Underwater living makes a splash - 9th December 2024
A bid to set a new world record for living continuously underwater is in progress. Setting his sights on 120-150 days, Rüdiger Koch, a German aerospace engineer, is challenging the current 100-day Guinness World Record. Enclosed in a SeaPod off the Panamanian coast, where the closest land is an island 1.2 kilometres away, he's at a watery depth of 11 metres.
Topping the world record, however, is only part of Koch's ambitions for this bizarre underwater sojourn.
Rüdiger Koch: "So, what we are trying to do here is proving that the seas are actually a viable environment for, erm, human expansion. So, push the frontier."
The ecologically-sound capsule is composed of an external pearl-like material well-suited to the generation of a marine habitat for fishes and corals.

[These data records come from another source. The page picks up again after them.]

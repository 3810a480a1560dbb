//! The reasons of imports belong to the verdicts of modules. The functions do nothing.
ghost use Rattle.cc_module_reasons.specs.ImportReasonLaws.{ImportReasonsAreOfRefusals, MissingImportsHaveAReason, ImportReasonsAreUnique};

/// The code and the place that a reason comes with are those of the module's verdict.
pub fn import_reasons_are_of_refusals()
    ensures { ImportReasonsAreOfRefusals }
{}

/// Each module that is refused for one of its imports has a reason.
pub fn missing_imports_have_a_reason()
    ensures { MissingImportsHaveAReason }
{}

/// And no second one.
pub fn import_reasons_are_unique()
    ensures { ImportReasonsAreUnique }
{}
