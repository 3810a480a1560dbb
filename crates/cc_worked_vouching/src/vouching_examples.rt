//! Worked submissions. The functions do nothing.
ghost use Rattle.cc_worked_vouching.specs.VouchingExamples as example;

/// Modules that are vouched for, with their signatures.
pub fn vouched_for()
    ensures { example.VouchedFor }
{}

/// Each reason why something is not vouched for.
pub fn reasons()
    ensures { example.Reasons }
{}

/// What a certificate might be forged by, and the reason that is told of it.
pub fn forgeries()
    ensures { example.Forgeries }
{}
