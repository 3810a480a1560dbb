//! Why a module is refused, of whatever kind the reason is, as definitions and laws. The functions do nothing.
#![tactic(auto)]

pub mod import_laws;
pub mod module_laws;
pub mod why_laws;
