//! What is answered where it is asked why a module is refused. The functions do nothing.
ghost use Rattle.cc_module_reasons.specs.WhyLaws.{WhySaysTheVerdict, WhyHasAnAnswer, WhyHasOneAnswer};

/// Who asks why is told the code and the place that a check tells, or that the module is accepted, or not present.
pub fn why_says_the_verdict()
    ensures { WhySaysTheVerdict }
{}

/// Whatever is asked for has an answer.
pub fn why_has_an_answer()
    ensures { WhyHasAnAnswer }
{}

/// And no second one.
pub fn why_has_one_answer()
    ensures { WhyHasOneAnswer }
{}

Koch co-founded Ocean Builders, the innovators behind these original homes, and his crew are stationed in a circular pod which sits above the water’s surface. The entrepreneurs wish to showcase the immense potential of sea-living via their record-breaking challenge, marking a mammoth leap forward in pioneering sustainable habitats for the human race.

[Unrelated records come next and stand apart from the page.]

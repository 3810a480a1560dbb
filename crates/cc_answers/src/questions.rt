//! Answering questions about the present modules, which are checked.

ghost use Rattle.std.specs.Prelude.{◌≡◌, ◌-◌, ◌^◌, ◌<◌, List, map, IsTrue, IfSome};
ghost use Rattle.cc_io.specs.Wholes.{WriteAllCause};
ghost use Rattle.cc_verdicts.specs.ModuleLaws.{NamesOfDevicesDiffer};
ghost use Rattle.cc_verdicts.specs.PresentTexts.{ArePresent};
ghost use Rattle.cc_mnf.specs.ElaboratedModules.{device_names};
ghost use Rattle.cc_replies.specs.Requests.{CheckModules, ShowSignature, ShowDerivation, RunDefinition, RunTasks, AuditDefinition, GuardDefinition, ExplainDefinition, ReplayDefinition, Ask, holding_under};
ghost use Rattle.cc_policy.specs.declared.policy.Rule.{Rule};
ghost use Rattle.cc_answers.specs.Carried.{IsReplied};
ghost use Rattle.cc_answers.specs.KeptEntries.{IsKeptFor};
ghost use Rattle.cc_answers.specs.Requests.{request_of, question_in};

use crate::explaining::tell_explanation;
use crate::kept::{Kept, linked_entry};
use crate::replies::{told, write_reply};
use crate::running::{
    Started, audited_reply, replayed_reply, start_all, tell_guarded, tell_run, tell_tasks,
};
use cc_base::code::Code;
use cc_base::name::Name;
use cc_base::text::Text;
use cc_io::{Sink, WriteAll};
use cc_job::job::Command;
use cc_policy::policy::Policy;
use cc_print::Names;
use cc_replies::derivations::{derive_refusal, has_too_many_nodes, write_derivation};
use cc_replies::explanations::explain_refusal;
use cc_replies::policies::{audit_refusal, guard_refusal};
use cc_replies::replays::replay_refusal;
use cc_replies::runs::run_refusal;
use cc_replies::signatures::{sig_refusal, write_signatures};
use cc_replies::tasks::tasks_refusal;
use cc_replies::verdicts::{check_reply, has_refused};
use cc_session::present_entries::EntryError;
use cc_session::session::Session;
use cc_session::standing::{Standing, StandingError};
use std::alloc::{AllocError, Global};

// Writes the verdicts of the present modules.
fn show_verdicts<K: Sink>(alloc: Global, session: &Session, sink: &mut K) -> Result<bool, WriteAll>
    requires count { K.faults sink.old < 2 ^ 64 - 1 }
    requires checked { IsTrue session.now.checked }
    ensures replied { (rules : List Rule) → IsReplied session.now.devices (holding_under rules session.now.present) (Ask CheckModules)
        (K.written sink.old) (K.written sink.new) result }
    ensures cause { WriteAllCause (K.faults sink.old) (K.faults sink.new) result }
{
    let verdicts = session.verdicts();
    let refused = has_refused(verdicts);
    write_reply(sink, check_reply(alloc, verdicts), refused)
}

// Writes the signatures of the module's definitions.
fn show_signatures<K: Sink>(
    alloc: Global,
    names: &Names,
    session: &Session,
    name: &Name,
    sink: &mut K,
) -> Result<bool, WriteAll>
    requires count { K.faults sink.old < 2 ^ 64 - 1 }
    requires checked { IsTrue session.now.checked }
    requires names { (names.now.names.items ≡ device_names session.now.devices) × (names.now.locals ≡ 0) }
    ensures replied { (rules : List Rule) → IsReplied session.now.devices (holding_under rules session.now.present) (Ask (ShowSignature name.now))
        (K.written sink.old) (K.written sink.new) result }
    ensures cause { WriteAllCause (K.faults sink.old) (K.faults sink.new) result }
{
    match session.sig(name) {
        Ok(defs) => told(write_signatures(alloc, sink, name, names, defs), false),
        Err(refused) => write_reply(sink, sig_refusal(alloc, name, refused.code), true),
    }
}

// Writes the certificate of the definition.
fn show_derivation<K: Sink>(
    alloc: Global,
    session: &Session,
    module: &Name,
    def: &Name,
    sink: &mut K,
) -> Result<bool, WriteAll>
    requires count { K.faults sink.old < 2 ^ 64 - 1 }
    requires checked { IsTrue session.now.checked }
    requires differ { NamesOfDevicesDiffer session.now.devices }
    requires present { ArePresent session.now.present }
    ensures replied { (rules : List Rule) → IsReplied session.now.devices (holding_under rules session.now.present) (Ask (ShowDerivation «module».now def.now))
        (K.written sink.old) (K.written sink.new) result }
    ensures cause { WriteAllCause (K.faults sink.old) (K.faults sink.new) result }
{
    match session.standing(module, def) {
        Ok(
            Standing {
                ctx,
                names,
                def: found,
            },
        ) => {
            let names = Names { names, locals: 0 };
            let many = match has_too_many_nodes(alloc, &ctx, &found.checked) {
                Ok(many) => many,
                Err(AllocError) => return Err(WriteAll::NoMemory),
            };
            if many {
                return write_reply(sink, derive_refusal(alloc, module, def, Code::E36), true);
            }
            told(
                write_derivation(alloc, sink, module, def, &names, &ctx, &found.checked),
                false,
            )
        }
        Err(StandingError::Refused(refused)) => write_reply(
            sink,
            derive_refusal(alloc, module, def, refused.code),
            true,
        ),
        Err(StandingError::NoMemory) => Err(WriteAll::NoMemory),
    }
}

Rüdiger Koch: "Moving out that that the, to the ocean is is is something we should do as a species. So there should be many people living out in the ocean, not just myself and a few others. So, umm, that would be actually a contribution to restore things like reefs."
In compliance with the Guinness rulebook, Koch's forbidden from surfacing, and his everyday movements are meticulously monitored. He confesses to having itchy feet and is longing to dive into the tantalizing waters lapping against his temporary oceanic home. The feasibility of converting one of the windows into an airlock is being investigated by Koch's specialist team.
Having begun his confinement beneath the waves on 26th September, if all goes according to plan, the engineer will emerge after 24th January 2025.